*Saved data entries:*
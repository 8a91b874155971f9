//! A source's bytes into a fork.
ghost use Rattle.std.specs.Prelude.{◌≡◌, ◌<◌, ◌≤◌, ◌^◌, ◌+◌, length, ℕ};
ghost use Rattle.client_files.specs.Requests.{most_piece};
ghost use Rattle.client_files.specs.Puts.{is_end, PutsFork, PutsOnce, PutsPiece, TakesWrite};
ghost use Rattle.client_files.specs.declared.put.Step.{Step};

use crate::calls::write_at;
use crate::whole::{Filled, Watch, fill};
use afp_base::{Code, ForkRef};
use afp_outside::Source;
use afp_replies::Reply;
use client_script_commands::{Answer, Asker};

/// The last place behind a write.
const LAST_PLACE: u64 = (1 << 63) - 1;

/// How a fork's writes end.
#[derive(Drop)]
pub enum Put<E> {
    /// The source ended, and all its bytes are written: the last stands before this place.
    Done(u64),
    /// A write was refused.
    Refused(Code),
    /// No answer comes.
    Ended(E),
    /// A read of the source failed.
    SourceFault,
    /// The last reply is none that may come.
    BadReply,
    /// The next piece would end above 2^63 - 1, the last place of a fork.
    TooLong,
}

/// What one write came to.
#[derive(Drop)]
enum Step<E> {
    /// So many bytes were written, and there may be more.
    Moved(u64),
    /// The source has no more.
    Last,
    /// It ends.
    Ends(Put<E>),
}

/// Whether a reply tells that the write ended at this place.
fn is_end(reply: &Reply, end: u64) -> bool
    ensures { result ≡ is_end end reply.now }
{
    match reply {
        Reply::EndExt { end: told } => *told == end,
        _ => false,
    }
}

/// What an answer to a write comes to, which is to end here, and is lent.
fn take_told<E>(answer: &Answer, size: u64, end: u64) -> Step<E>
    ensures { TakesWrite answer.now size end result }
{
    match answer.code {
        Code::Ok => {
            if is_end(&answer.reply, end) {
                Step::Moved(size)
            } else {
                Step::Ends(Put::BadReply)
            }
        }
        _ => Step::Ends(Put::Refused(answer.code)),
    }
}

/// What an answer to a write comes to, which is to end here.
fn take_answer<E>(answer: Answer, size: u64, end: u64) -> Step<E>
    ensures { TakesWrite answer size end result }
{
    take_told(&answer, size, end)
}

/// Writes a piece.
fn put_piece<A: Asker>(asker: &mut A, reference: ForkRef, from: u64, piece: &[u8]) -> Step<A::End>
    requires from { from < 2 ^ 63 }
    requires piece { length piece.now ≤ most_piece }
    ensures puts { PutsPiece reference from piece.now (A.exchanges asker.old) result (A.exchanges asker.new) }
    ensures falls { (n : ℕ) → result ≡ Step.Moved n → A.left asker.new < A.left asker.old }
{
    let size = piece.len() as u64;
    if size > LAST_PLACE - from {
        return Step::Ends(Put::TooLong);
    }
    let call = write_at(reference, from, piece);
    match asker.ask(&call) {
        Ok(answer) => take_answer(answer, size, from + size),
        Err(end) => Step::Ends(Put::Ended(end)),
    }
}

/// Writes the next piece.
#[tactic(auto, using(crate::proofs::PutLemmas::put_nothing, crate::proofs::PutLemmas::next_written))]
fn put_once<A: Asker, S: Source>(
    asker: &mut A,
    source: &mut S,
    room: &mut [u8],
    reference: ForkRef,
    from: u64,
) -> Step<A::End>
    requires from { from < 2 ^ 63 }
    requires some { 0 < length room.old }
    requires most { length room.old ≤ most_piece }
    ensures size { length room.new ≡ length room.old }
    ensures puts { PutsOnce reference (length room.old) from (A.exchanges asker.old) (S.source_state source.old) result (A.exchanges asker.new) (S.source_state source.new) }
    ensures falls { (n : ℕ) → result ≡ Step.Moved n → A.left asker.new < A.left asker.old }
{
    match fill(source, room) {
        Filled::Failed => Step::Ends(Put::SourceFault),
        Filled::Got(n) => {
            if n == 0 {
                return Step::Last;
            }
            put_piece(asker, reference, from, &room[..n])
        }
    }
}

/// Writes what the source gives into an open fork, from this place on, in pieces of what the room holds.
pub fn put_fork<A: Asker, S: Source, W: Watch>(
    asker: &mut A,
    source: &mut S,
    watch: &mut W,
    room: &mut [u8],
    reference: ForkRef,
    from: u64,
) -> Put<A::End>
    requires from { from < 2 ^ 63 }
    requires some { 0 < length room.old }
    requires most { length room.old ≤ most_piece }
    ensures size { length room.new ≡ length room.old }
    ensures puts { PutsFork reference (length room.old) from (A.exchanges asker.old) (S.source_state source.old) result (A.exchanges asker.new) (S.source_state source.new) }
{
    let mut at = from;
    loop {
        match put_once(asker, source, room, reference, at) {
            Step::Moved(n) => {
                at += n;
                watch.moved(at);
            }
            Step::Last => return Put::Done(at),
            Step::Ends(end) => return end,
        }
    }
}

*Task instructions:* Reproduce each record exactly as it appears.

*Answer for the task:*
repository 8a91b874155971f9
//! A source's bytes into a fork.
ghost use Rattle.std.specs.Prelude.{◌≡◌, ◌<◌, ◌≤◌, ◌^◌, ◌+◌, length, ℕ};
ghost use Rattle.client_files.specs.Requests.{most_piece};
ghost use Rattle.client_files.specs.Puts.{is_end, PutsFork, PutsOnce, PutsPiece, TakesWrite};
ghost use Rattle.client_files.specs.declared.put.Step.{Step};

use crate::calls::write_at;
use crate::whole::{Filled, Watch, fill};
use afp_base::{Code, ForkRef};
use afp_outside::Source;
use afp_replies::Reply;
use client_script_commands::{Answer, Asker};

/// The last place behind a write.
const LAST_PLACE: u64 = (1 << 63) - 1;

/// How a fork's writes end.
#[derive(Drop)]
pub enum Put<E> {
    /// The source ended, and all its bytes are written: the last stands before this place.
    Done(u64),
    /// A write was refused.
    Refused(Code),
    /// No answer comes.
    Ended(E),
    /// A read of the source failed.
    SourceFault,
    /// The last reply is none that may come.
    BadReply,
    /// The next piece would end above 2^63 - 1, the last place of a fork.
    TooLong,
}

/// What one write came to.
#[derive(Drop)]
enum Step<E> {
    /// So many bytes were written, and there may be more.
    Moved(u64),
    /// The source has no more.
    Last,
    /// It ends.
    Ends(Put<E>),
}

/// Whether a reply tells that the write ended at this place.
fn is_end(reply: &Reply, end: u64) -> bool
    ensures { result ≡ is_end end reply.now }
{
    match reply {
        Reply::EndExt { end: told } => *told == end,
        _ => false,
    }
}

/// What an answer to a write comes to, which is to end here, and is lent.
fn take_told<E>(answer: &Answer, size: u64, end: u64) -> Step<E>
    ensures { TakesWrite answer.now size end result }
{
    match answer.code {
        Code::Ok => {
            if is_end(&answer.reply, end) {
                Step::Moved(size)
            } else {
                Step::Ends(Put::BadReply)
            }
        }
        _ => Step::Ends(Put::Refused(answer.code)),
    }
}

/// What an answer to a write comes to, which is to end here.
fn take_answer<E>(answer: Answer, size: u64, end: u64) -> Step<E>
    ensures { TakesWrite answer size end result }
{
    take_told(&answer, size, end)
}

/// Writes a piece.
fn put_piece<A: Asker>(asker: &mut A, reference: ForkRef, from: u64, piece: &[u8]) -> Step<A::End>
    requires from { from < 2 ^ 63 }
    requires piece { length piece.now ≤ most_piece }
    ensures puts { PutsPiece reference from piece.now (A.exchanges asker.old) result (A.exchanges asker.new) }
    ensures falls { (n : ℕ) → result ≡ Step.Moved n → A.left asker.new < A.left asker.old }
{
    let size = piece.len() as u64;
    if size > LAST_PLACE - from {
        return Step::Ends(Put::TooLong);
    }
    let call = write_at(reference, from, piece);
    match asker.ask(&call) {
        Ok(answer) => take_answer(answer, size, from + size),
        Err(end) => Step::Ends(Put::Ended(end)),
    }
}

/// Writes the next piece.
#[tactic(auto, using(crate::proofs::PutLemmas::put_nothing, crate::proofs::PutLemmas::next_written))]
fn put_once<A: Asker, S: Source>(
    asker: &mut A,
    source: &mut S,
    room: &mut [u8],
    reference: ForkRef,
    from: u64,
) -> Step<A::End>
    requires from { from < 2 ^ 63 }
    requires some { 0 < length room.old }
    requires most { length room.old ≤ most_piece }
    ensures size { length room.new ≡ length room.old }
    ensures puts { PutsOnce reference (length room.old) from (A.exchanges asker.old) (S.source_state source.old) result (A.exchanges asker.new) (S.source_state source.new) }
    ensures falls { (n : ℕ) → result ≡ Step.Moved n → A.left asker.new < A.left asker.old }
{
    match fill(source, room) {
        Filled::Failed => Step::Ends(Put::SourceFault),
        Filled::Got(n) => {
            if n == 0 {
                return Step::Last;
            }
            put_piece(asker, reference, from, &room[..n])
        }
    }
}

/// Writes what the source gives into an open fork, from this place on, in pieces of what the room holds.
pub fn put_fork<A: Asker, S: Source, W: Watch>(
    asker: &mut A,
    source: &mut S,
    watch: &mut W,
    room: &mut [u8],
    reference: ForkRef,
    from: u64,
) -> Put<A::End>
    requires from { from < 2 ^ 63 }
    requires some { 0 < length room.old }
    requires most { length room.old ≤ most_piece }
    ensures size { length room.new ≡ length room.old }
    ensures puts { PutsFork reference (length room.old) from (A.exchanges asker.old) (S.source_state source.old) result (A.exchanges asker.new) (S.source_state source.new) }
{
    let mut at = from;
    loop {
        match put_once(asker, source, room, reference, at) {
            Step::Moved(n) => {
                at += n;
                watch.moved(at);
            }
            Step::Last => return Put::Done(at),
            Step::Ends(end) => return end,
        }
    }
}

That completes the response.